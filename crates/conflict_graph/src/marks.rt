//! The clause while it is learned, as the sign of each variable's literal, and how many of its literals are of the
//! current level.

ghost use Rattle.std.specs.Prelude.{ℕ, ◌≡◌, ◌<◌, ◌^◌, ◌==◌, Some, None, true, not, length, take, if◌then◌else◌};
ghost use Rattle.pb_rules.specs.Linear.{VarsBelow};
ghost use Rattle.pb_rules.specs.Partial.{GoesOn};
ghost use Rattle.conflict_graph.specs.Clauses.{false_signs};
ghost use Rattle.constraint_store.specs.Live.{is_live, constraint_of};
ghost use Rattle.trail_state.specs.Trail.{value_in};
ghost use Rattle.conflict_graph.specs.Learning.{signs, either, currents, HasLevels};

use crate::reasons::is_false;
use constraint_store::Store;
use pb_constraints::{ConId, Lit};
use trail_state::Trail;

/// Adds a false literal to the clause, and counts it if it is of the current level.
fn add_literal(
    trail: &Trail,
    levels: &[u64],
    lit: Lit,
    clause: &mut [Option<bool>],
    count: u64,
) -> u64
    requires levels { HasLevels trail.now.entries (length clause.old) levels.now }
    requires in_range { lit.var < length clause.old }
    requires assigned { value_in trail.now.entries lit.var ≡ Some (not lit.yes) }
    requires few { length clause.old < 2 ^ 62 }
    requires counted { count ≡ currents (length clause.old) 0 trail.now.entries (signs clause.old) }
    ensures added { (y : ℕ) → signs clause.new y ≡ either (signs clause.old y) (if lit.var == y then Some lit.yes else None) }
    ensures counted { result ≡ currents (length clause.old) 0 trail.now.entries (signs clause.new) }
{
    let var = lit.var() as usize;
    if clause[var].is_some() {
        return count;
    }
    clause[var] = Some(lit.is_yes());
    if levels[var] == trail.level() {
        count + 1
    } else {
        count
    }
}

/// Adds the literals of a constraint that are false before a place of the trail to the clause.
pub fn mark(
    trail: &Trail,
    store: &Store,
    c: ConId,
    place: usize,
    levels: &[u64],
    clause: &mut [Option<bool>],
    mut count: u64,
) -> u64
    requires levels { HasLevels trail.now.entries (length clause.old) levels.now }
    requires live { is_live store.now c ≡ true }
    requires in_range { VarsBelow (length clause.old) (constraint_of store.now c).terms }
    requires assigned { GoesOn (value_in (take place trail.now.entries)) (value_in trail.now.entries) }
    requires few { length clause.old < 2 ^ 62 }
    requires counted { count ≡ currents (length clause.old) 0 trail.now.entries (signs clause.old) }
    ensures added { (y : ℕ) → signs clause.new y ≡ either (signs clause.old y) (false_signs (value_in (take place trail.now.entries)) (constraint_of store.now c).terms y) }
    ensures counted { result ≡ currents (length clause.old) 0 trail.now.entries (signs clause.new) }
{
    for t in store.terms(c) {
        if is_false(trail, place, t.lit) {
            count = add_literal(trail, levels, t.lit, clause, count);
        }
    }
    count
}

/// Takes a literal's opposite out of the clause.
pub fn drop_literal(
    trail: &Trail,
    levels: &[u64],
    lit: Lit,
    clause: &mut [Option<bool>],
    count: u64,
) -> u64
    requires levels { HasLevels trail.now.entries (length clause.old) levels.now }
    requires in_range { lit.var < length clause.old }
    requires assigned { value_in trail.now.entries lit.var ≡ Some lit.yes }
    requires there { signs clause.old lit.var ≡ Some (not lit.yes) }
    requires counted { count ≡ currents (length clause.old) 0 trail.now.entries (signs clause.old) }
    ensures dropped { (y : ℕ) → signs clause.new y ≡ (if lit.var == y then None else signs clause.old y) }
    ensures counted { result ≡ currents (length clause.old) 0 trail.now.entries (signs clause.new) }
{
    let var = lit.var() as usize;
    clause[var] = None;
    if levels[var] == trail.level() {
        count - 1
    } else {
        count
    }
}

----------

Required work: Only an exact copy of the data above will do.

The answer:
filename crates/conflict_graph/src/marks.rt
//! The clause while it is learned, as the sign of each variable's literal, and how many of its literals are of the
//! current level.

ghost use Rattle.std.specs.Prelude.{ℕ, ◌≡◌, ◌<◌, ◌^◌, ◌==◌, Some, None, true, not, length, take, if◌then◌else◌};
ghost use Rattle.pb_rules.specs.Linear.{VarsBelow};
ghost use Rattle.pb_rules.specs.Partial.{GoesOn};
ghost use Rattle.conflict_graph.specs.Clauses.{false_signs};
ghost use Rattle.constraint_store.specs.Live.{is_live, constraint_of};
ghost use Rattle.trail_state.specs.Trail.{value_in};
ghost use Rattle.conflict_graph.specs.Learning.{signs, either, currents, HasLevels};

use crate::reasons::is_false;
use constraint_store::Store;
use pb_constraints::{ConId, Lit};
use trail_state::Trail;

/// Adds a false literal to the clause, and counts it if it is of the current level.
fn add_literal(
    trail: &Trail,
    levels: &[u64],
    lit: Lit,
    clause: &mut [Option<bool>],
    count: u64,
) -> u64
    requires levels { HasLevels trail.now.entries (length clause.old) levels.now }
    requires in_range { lit.var < length clause.old }
    requires assigned { value_in trail.now.entries lit.var ≡ Some (not lit.yes) }
    requires few { length clause.old < 2 ^ 62 }
    requires counted { count ≡ currents (length clause.old) 0 trail.now.entries (signs clause.old) }
    ensures added { (y : ℕ) → signs clause.new y ≡ either (signs clause.old y) (if lit.var == y then Some lit.yes else None) }
    ensures counted { result ≡ currents (length clause.old) 0 trail.now.entries (signs clause.new) }
{
    let var = lit.var() as usize;
    if clause[var].is_some() {
        return count;
    }
    clause[var] = Some(lit.is_yes());
    if levels[var] == trail.level() {
        count + 1
    } else {
        count
    }
}

/// Adds the literals of a constraint that are false before a place of the trail to the clause.
pub fn mark(
    trail: &Trail,
    store: &Store,
    c: ConId,
    place: usize,
    levels: &[u64],
    clause: &mut [Option<bool>],
    mut count: u64,
) -> u64
    requires levels { HasLevels trail.now.entries (length clause.old) levels.now }
    requires live { is_live store.now c ≡ true }
    requires in_range { VarsBelow (length clause.old) (constraint_of store.now c).terms }
    requires assigned { GoesOn (value_in (take place trail.now.entries)) (value_in trail.now.entries) }
    requires few { length clause.old < 2 ^ 62 }
    requires counted { count ≡ currents (length clause.old) 0 trail.now.entries (signs clause.old) }
    ensures added { (y : ℕ) → signs clause.new y ≡ either (signs clause.old y) (false_signs (value_in (take place trail.now.entries)) (constraint_of store.now c).terms y) }
    ensures counted { result ≡ currents (length clause.old) 0 trail.now.entries (signs clause.new) }
{
    for t in store.terms(c) {
        if is_false(trail, place, t.lit) {
            count = add_literal(trail, levels, t.lit, clause, count);
        }
    }
    count
}

/// Takes a literal's opposite out of the clause.
pub fn drop_literal(
    trail: &Trail,
    levels: &[u64],
    lit: Lit,
    clause: &mut [Option<bool>],
    count: u64,
) -> u64
    requires levels { HasLevels trail.now.entries (length clause.old) levels.now }
    requires in_range { lit.var < length clause.old }
    requires assigned { value_in trail.now.entries lit.var ≡ Some lit.yes }
    requires there { signs clause.old lit.var ≡ Some (not lit.yes) }
    requires counted { count ≡ currents (length clause.old) 0 trail.now.entries (signs clause.old) }
    ensures dropped { (y : ℕ) → signs clause.new y ≡ (if lit.var == y then None else signs clause.old y) }
    ensures counted { result ≡ currents (length clause.old) 0 trail.now.entries (signs clause.new) }
{
    let var = lit.var() as usize;
    clause[var] = None;
    if levels[var] == trail.level() {
        count - 1
    } else {
        count
    }
}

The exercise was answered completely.